(Saved data entries)
════

//! The recorded map, which threads share.
ghost use Rattle.std.specs.Prelude.{◌≡◌, [], OnErr, IfOk};
ghost use Rattle.flurry_seq_recorded.specs.Books.{WasRecorded};
ghost use Rattle.flurry_seq_recorded.specs.Closing.{IsClosed};
ghost use Rattle.flurry_seq_recorded.specs.declared.kept.KeptCall.TheVariants as kept;

use crate::book::Book;
use crate::closed::{CloseFault, Closed};
use crate::kept::KeptCall;
use crate::share::Share;
use flurry_base::hash::{DefaultHashBuilder, KeyHasher};
use flurry_base::reply::KeptReply;
use std::alloc::{AllocError, Allocator, Global};
use std::sync::{Mutex, Wait};

/// A map that threads share, and that records its calls.
///
/// Its [`Book`] is under one lock, which each call holds while it runs. A call is recorded for a share: the book keeps the call with its
/// reply in its history, and the share keeps a receipt.
///
/// ```
/// let map: Map = Recorded::with_hasher(alloc, LowHashBuilder);
/// let mut share = map.share(rt)?;
/// map.insert(rt, &mut share, 1, 10)?;
/// map.get(rt, &mut share, 1)?;
/// let mut shares = Vec::new(alloc);
/// shares.push(share)?;
/// Ok(map.close(shares).is_ok())
/// ```
#[derive(Drop)]
pub struct Recorded<K: Ord, V, S: KeyHasher<K> = DefaultHashBuilder, A: Allocator = Global> {
    book: Mutex<Book<K, V, S, A>>,
    alloc: A,
}

impl<K: Ord + Copy, V: Copy, S: KeyHasher<K>, A: Allocator + Copy> Recorded<K, V, S, A> {
    /// Creates an empty map that uses `hasher`, without shares. Takes no memory.
    // It has no contract, since what is under a lock is known by its type alone.
    pub fn with_hasher(alloc: A, hasher: S) -> Self {
        Recorded {
            book: Mutex::new(Book::new(alloc, hasher)),
            alloc,
        }
    }

    /// Returns the next share, which has no receipts. Shares are numbered from 0.
    ///
    /// Takes the lock. Constant time, apart from the growth of the list of shares.
    ///
    /// # Errors
    ///
    /// Returns [`AllocError`] if memory for the number of the share cannot be allocated. The map is unchanged.
    pub fn share<R: Wait>(&self, rt: &R) -> Result<Share<K, V, A>, AllocError>
        ensures { IfOk result (λ s. s.receipts ≡ []) }
    {
        let number = self.book.lock(rt).share()?;
        Ok(Share::new(self.alloc, number))
    }

    /// Returns the value of `key`, or `None` if the key is absent, as [`KeptReply::Value`].
    ///
    /// Takes the lock. The time is that of [`Book::call_for`].
    ///
    /// # Errors
    ///
    /// Returns [`AllocError`] in the cases of [`Book::call_for`]. Neither the map nor the share changes.
    pub fn get<R: Wait>(
        &self,
        rt: &R,
        share: &mut Share<K, V, A>,
        key: K,
    ) -> Result<KeptReply<K, V>, AllocError>
        ensures ok { IfOk result (λ r. WasRecorded S K.cmp share.old (kept.Get key) r share.new) }
        ensures err { OnErr result (share.new ≡ share.old) }
    {
        self.call(rt, share, KeptCall::Get(key))
    }

    /// Returns the stored key and the value of `key`, or `None` if the key is absent, as [`KeptReply::Pair`].
    ///
    /// Takes the lock. The time is that of [`Book::call_for`].
    ///
    /// # Errors
    ///
    /// Returns [`AllocError`] in the cases of [`Book::call_for`]. Neither the map nor the share changes.
    pub fn get_key_value<R: Wait>(
        &self,
        rt: &R,
        share: &mut Share<K, V, A>,
        key: K,
    ) -> Result<KeptReply<K, V>, AllocError>
        ensures ok { IfOk result (λ r. WasRecorded S K.cmp share.old (kept.GetKeyValue key) r share.new) }
        ensures err { OnErr result (share.new ≡ share.old) }
    {
        self.call(rt, share, KeptCall::GetKeyValue(key))
    }

    /// Returns whether the map contains `key`, as [`KeptReply::Contains`].
    ///
    /// Takes the lock. The time is that of [`Book::call_for`].
    ///
    /// # Errors
    ///
    /// Returns [`AllocError`] in the cases of [`Book::call_for`]. Neither the map nor the share changes.
    pub fn contains_key<R: Wait>(
        &self,
        rt: &R,
        share: &mut Share<K, V, A>,
        key: K,
    ) -> Result<KeptReply<K, V>, AllocError>
        ensures ok { IfOk result (λ r. WasRecorded S K.cmp share.old (kept.ContainsKey key) r share.new) }
        ensures err { OnErr result (share.new ≡ share.old) }
    {
        self.call(rt, share, KeptCall::ContainsKey(key))
    }

    /// Inserts a pair, and returns the value that the key had, or `None` if the key was absent, as [`KeptReply::Value`]. The key that was
    /// stored first stays.
    ///
    /// Takes the lock. The time is that of [`Book::call_for`].
    ///
    /// # Errors
    ///
    /// Returns [`AllocError`] in the cases of [`Book::call_for`]. Neither the map nor the share changes.
    pub fn insert<R: Wait>(
        &self,
        rt: &R,
        share: &mut Share<K, V, A>,
        key: K,
        value: V,
    ) -> Result<KeptReply<K, V>, AllocError>
        ensures ok { IfOk result (λ r. WasRecorded S K.cmp share.old (kept.Insert key value) r share.new) }
        ensures err { OnErr result (share.new ≡ share.old) }
    {
        self.call(rt, share, KeptCall::Insert(key, value))
    }

    /// Inserts a pair if the key is absent, and returns the value as [`KeptReply::New`]. If the key is present, nothing changes, and the
    /// reply is [`KeptReply::Exists`] with the current value and `value`.
    ///
    /// Takes the lock. The time is that of [`Book::call_for`].
    ///
    /// # Errors
    ///
    /// Returns [`AllocError`] in the cases of [`Book::call_for`]. Neither the map nor the share changes.
    pub fn try_insert<R: Wait>(
        &self,
        rt: &R,
        share: &mut Share<K, V, A>,
        key: K,
        value: V,
    ) -> Result<KeptReply<K, V>, AllocError>
        ensures ok { IfOk result (λ r. WasRecorded S K.cmp share.old (kept.TryInsert key value) r share.new) }
        ensures err { OnErr result (share.new ≡ share.old) }
    {
        self.call(rt, share, KeptCall::TryInsert(key, value))
    }

    /// Removes the pair of a key, and returns the value, or `None` if the key is absent, as [`KeptReply::Value`].
    ///
    /// Takes the lock. The time is that of [`Book::call_for`].
    ///
    /// # Errors
    ///
    /// Returns [`AllocError`] in the cases of [`Book::call_for`]. Neither the map nor the share changes.
    pub fn remove<R: Wait>(
        &self,
        rt: &R,
        share: &mut Share<K, V, A>,
        key: K,
    ) -> Result<KeptReply<K, V>, AllocError>
        ensures ok { IfOk result (λ r. WasRecorded S K.cmp share.old (kept.Remove key) r share.new) }
        ensures err { OnErr result (share.new ≡ share.old) }
    {
        self.call(rt, share, KeptCall::Remove(key))
    }

    /// Removes the pair of a key, and returns the stored key and the value, or `None` if the key is absent, as [`KeptReply::Pair`].
    ///
    /// Takes the lock. The time is that of [`Book::call_for`].
    ///
    /// # Errors
    ///
    /// Returns [`AllocError`] in the cases of [`Book::call_for`]. Neither the map nor the share changes.
    pub fn remove_entry<R: Wait>(
        &self,
        rt: &R,
        share: &mut Share<K, V, A>,
        key: K,
    ) -> Result<KeptReply<K, V>, AllocError>
        ensures ok { IfOk result (λ r. WasRecorded S K.cmp share.old (kept.RemoveEntry key) r share.new) }
        ensures err { OnErr result (share.new ≡ share.old) }
    {
        self.call(rt, share, KeptCall::RemoveEntry(key))
    }

    // Makes a call under the lock.
    fn call<R: Wait>(
        &self,
        rt: &R,
        share: &mut Share<K, V, A>,
        call: KeptCall<K, V>,
    ) -> Result<KeptReply<K, V>, AllocError>
        ensures ok { IfOk result (λ r. WasRecorded S K.cmp share.old call r share.new) }
        ensures err { OnErr result (share.new ≡ share.old) }
    {
        self.book.lock(rt).call_for(share, call)
    }

    /// Closes the map with its shares, and returns the map and the history if each receipt of each share is in the history, and the history
    /// has no other calls. The replies that all callers received are then those of one map, each call once, in its caller's order.
    ///
    /// Linear in the length of the history and in the number of shares.
    ///
    /// # Errors
    ///
    /// Returns [`CloseFault`] in the cases of [`Book::close`]. The map and the shares are dropped.
    pub fn close(self, shares: Vec<Share<K, V, A>, A>) -> Result<Closed<K, V, S, A>, CloseFault>
    where
        V: PartialEq,
        S: Drop,
        ensures { IfOk result (λ c. IsClosed ⟦<KeptCall<K, V> as PartialEq>⟧.eq
            ⟦<KeptReply<K, V> as PartialEq>⟧.eq K.cmp c.history.items c.map.pairs shares.items) }
    {
        self.book.into_inner().close(shares)
    }
}
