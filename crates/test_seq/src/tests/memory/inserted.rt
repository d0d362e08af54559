//! Insertions.

use super::{
    NumberMap, Refused, assert_same, assert_same_at, map_of, metered, number_at, refuse_each,
    size_of, taken,
};
use flurry_base::hash::LowHashBuilder;
use flurry_base::reply::KeptReply;
use flurry_bins::bin::Node;
use metered_alloc::MeteredAlloc;
use std::alloc::{AllocError, Allocator, Global};
use std::process::Abort;
use std::sync::Arc;

// An insertion of a key and a value.
#[derive(Clone, Copy)]
enum Write {
    Insert(u64, u64),
    TryInsert(u64, u64),
    InsertArc(u64, u64),
    InsertNode(u64, u64),
}

// Returns a key and a value, each in an `Arc`.
fn owners<A: Allocator + Copy>(
    memory: A,
    key: u64,
    value: u64,
) -> Result<(Arc<u64, A>, Arc<u64, A>), AllocError> {
    let key = Arc::new(memory, key)?;
    let value = Arc::new(memory, value)?;
    Ok((key, value))
}

// Inserts a key and a value that are each in an `Arc`, and returns the old value. It also fails if memory for one of the `Arc`s cannot be
// allocated.
fn insert_arc<A: Allocator + Copy>(
    map: &mut NumberMap<LowHashBuilder, A>,
    key: u64,
    value: u64,
) -> Result<Option<u64>, AllocError> {
    let memory = *map.allocator();
    let (key, value) = owners(memory, key, value)?;
    let old = map.insert_arc(key, value)?;
    Ok(taken(old))
}

// Inserts a key and a value by a node, which is made under another hash, and returns the old value. It also fails if memory for the node
// cannot be allocated.
fn insert_node<A: Allocator + Copy>(
    map: &mut NumberMap<LowHashBuilder, A>,
    key: u64,
    value: u64,
) -> Result<Option<u64>, AllocError> {
    let node = Node::of_pair(*map.allocator(), 77, key, value, 0)?;
    let old = map.insert_node(node)?;
    Ok(taken(old))
}

// Inserts a key and a value, and returns the old value.
fn insert<A: Allocator + Copy>(
    map: &mut NumberMap<LowHashBuilder, A>,
    key: u64,
    value: u64,
) -> Result<Option<u64>, AllocError> {
    let old = map.insert(key, value)?;
    Ok(taken(old))
}

// Returns the reply of `try_insert`, or `None` if it fails.
fn try_insert<A: Allocator + Copy>(
    map: &mut NumberMap<LowHashBuilder, A>,
    key: u64,
    value: u64,
) -> Option<KeptReply<u64, u64>> {
    match map.try_insert(key, value) {
        Ok(Ok(new)) => Some(KeptReply::New(*new)),
        Ok(Err(error)) => Some(KeptReply::Exists {
            current: *error.current,
            not_inserted: error.not_inserted,
        }),
        Err(_) => None,
    }
}

// Returns the reply of an insertion, or `None` if it fails.
fn reply_of<A: Allocator + Copy>(
    map: &mut NumberMap<LowHashBuilder, A>,
    write: Write,
) -> Option<KeptReply<u64, u64>> {
    let answer = match write {
        Write::Insert(key, value) => insert(map, key, value),
        Write::TryInsert(key, value) => return try_insert(map, key, value),
        Write::InsertArc(key, value) => insert_arc(map, key, value),
        Write::InsertNode(key, value) => insert_node(map, key, value),
    };
    match answer {
        Ok(old) => Some(KeptReply::Value(old)),
        Err(_) => None,
    }
}

// The numbers of bins and pairs, and the numbers at the keys 0, 1 and 2.
type Stands = ((usize, usize), [Option<u64>; 3]);

fn stands<A: Allocator + Copy>(map: &NumberMap<LowHashBuilder, A>) -> Stands {
    (
        size_of(map),
        [number_at(map, 0), number_at(map, 1), number_at(map, 2)],
    )
}

// An insertion into a map of `keys` keys: what the map has if the insertion fails, what the insertion replies if it succeeds, also after it
// has failed, and what the map has then.
#[derive(Drop)]
struct Inserts {
    keys: u64,
    write: Write,
    kept: Stands,
    reply: KeptReply<u64, u64>,
    written: Stands,
}

impl Refused for Inserts {
    fn run_refusing<A: Allocator + Copy>(
        &self,
        rt: &impl Abort,
        metered: &MeteredAlloc<Global>,
        memory: A,
        k: u64,
    ) -> bool {
        let mut map = map_of(rt, memory, self.keys);
        let before = metered.live_blocks();
        metered.refuse_at(k);
        let mut reply = reply_of(&mut map, self.write);
        let refused = metered.was_refused();
        metered.refuse_nothing();
        if refused {
            assert_same_at(rt, k, (reply, stands(&map)), (None, self.kept));
            assert_same_at(rt, k, metered.live_blocks(), before);
            reply = reply_of(&mut map, self.write);
        }
        assert_same_at(
            rt,
            k,
            (reply, stands(&map)),
            (Some(self.reply), self.written),
        );
        refused
    }
}

#[test]
fn insert_into_a_new_map(rt: HostRuntime) {
    let call = Inserts {
        keys: 0,
        write: Write::Insert(1, 1),
        kept: ((0, 0), [None, None, None]),
        reply: KeptReply::Value(None),
        written: ((16, 1), [None, Some(1), None]),
    };
    refuse_each(&rt, rt.alloc(), &call);
}

#[test]
fn insert_of_a_present_key(rt: HostRuntime) {
    let call = Inserts {
        keys: 2,
        write: Write::Insert(1, 5),
        kept: ((16, 2), [Some(0), Some(1), None]),
        reply: KeptReply::Value(Some(1)),
        written: ((16, 2), [Some(0), Some(5), None]),
    };
    refuse_each(&rt, rt.alloc(), &call);
}

#[test]
fn insert_into_a_table(rt: HostRuntime) {
    let call = Inserts {
        keys: 2,
        write: Write::Insert(2, 5),
        kept: ((16, 2), [Some(0), Some(1), None]),
        reply: KeptReply::Value(None),
        written: ((16, 3), [Some(0), Some(1), Some(5)]),
    };
    refuse_each(&rt, rt.alloc(), &call);
}

#[test]
fn insert_arc_into_a_new_map(rt: HostRuntime) {
    let call = Inserts {
        keys: 0,
        write: Write::InsertArc(1, 5),
        kept: ((0, 0), [None, None, None]),
        reply: KeptReply::Value(None),
        written: ((16, 1), [None, Some(5), None]),
    };
    refuse_each(&rt, rt.alloc(), &call);
}

#[test]
fn insert_node_into_a_new_map(rt: HostRuntime) {
    let call = Inserts {
        keys: 0,
        write: Write::InsertNode(1, 5),
        kept: ((0, 0), [None, None, None]),
        reply: KeptReply::Value(None),
        written: ((16, 1), [None, Some(5), None]),
    };
    refuse_each(&rt, rt.alloc(), &call);
}

#[test]
fn try_insert_of_a_new_key(rt: HostRuntime) {
    let call = Inserts {
        keys: 0,
        write: Write::TryInsert(1, 5),
        kept: ((0, 0), [None, None, None]),
        reply: KeptReply::New(5),
        written: ((16, 1), [None, Some(5), None]),
    };
    refuse_each(&rt, rt.alloc(), &call);
}

// Inserts a present key while every request fails. Returns how many requests that makes, and the reply.
fn try_without<A: Allocator + Copy>(
    rt: &impl Abort,
    metered: &MeteredAlloc<Global>,
    memory: A,
) -> (u64, Option<KeptReply<u64, u64>>) {
    let mut map = map_of(rt, memory, 2);
    metered.refuse_from(0);
    let reply = reply_of(&mut map, Write::TryInsert(1, 5));
    let asked = metered.requests();
    metered.refuse_nothing();
    (asked, reply)
}

// It makes a clone of the `Arc` of the value that is present, and takes no memory.
#[test]
fn try_insert_of_a_present_key(rt: HostRuntime) {
    let rt = &rt;
    let memory = metered(rt, rt.alloc());
    let exists = KeptReply::Exists {
        current: 1,
        not_inserted: 5,
    };
    assert_same(rt, try_without(rt, memory, memory), (0, Some(exists)));
}
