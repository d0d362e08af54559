//! Calls as a history keeps them.

use flurry_base::reply::KeptReply;

/// A one-key call, as a history keeps it. A call that computes cannot be in a history, since its function cannot be kept.
///
/// ```
/// let (place, _reply) = book.call(KeptCall::Insert(key, value))?;
/// Ok(place)
/// ```
#[derive(Clone, Copy, Debug, PartialEq, Eq)]
pub enum KeptCall<K, V> {
    /// A look-up of the value of a key.
    Get(K),
    /// A look-up of the stored key and the value of a key.
    GetKeyValue(K),
    /// A test whether a key is present.
    ContainsKey(K),
    /// A write of a value.
    Insert(K, V),
    /// A write of a value if the key is absent.
    TryInsert(K, V),
    /// A removal of the pair of a key, which returns its value.
    Remove(K),
    /// A removal of the pair of a key, which returns the stored key and the value.
    RemoveEntry(K),
}

/// A call, and its reply.
///
/// ```
/// match (entry.call, entry.reply) {
///     (KeptCall::Insert(_, _), KeptReply::Value(None)) => true,
///     _ => false,
/// }
/// ```
#[derive(Clone, Copy, Debug, PartialEq, Eq)]
pub struct KeptEntry<K, V> {
    /// The call.
    pub call: KeptCall<K, V>,
    /// The reply of the call.
    pub reply: KeptReply<K, V>,
}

════

▶ [TASK]: Read through the entries above, and wherever a line holds the string "sync", copy it.

▶ [SOLUTION]:
use std::sync::{Mutex, Wait};
use std::sync::Arc;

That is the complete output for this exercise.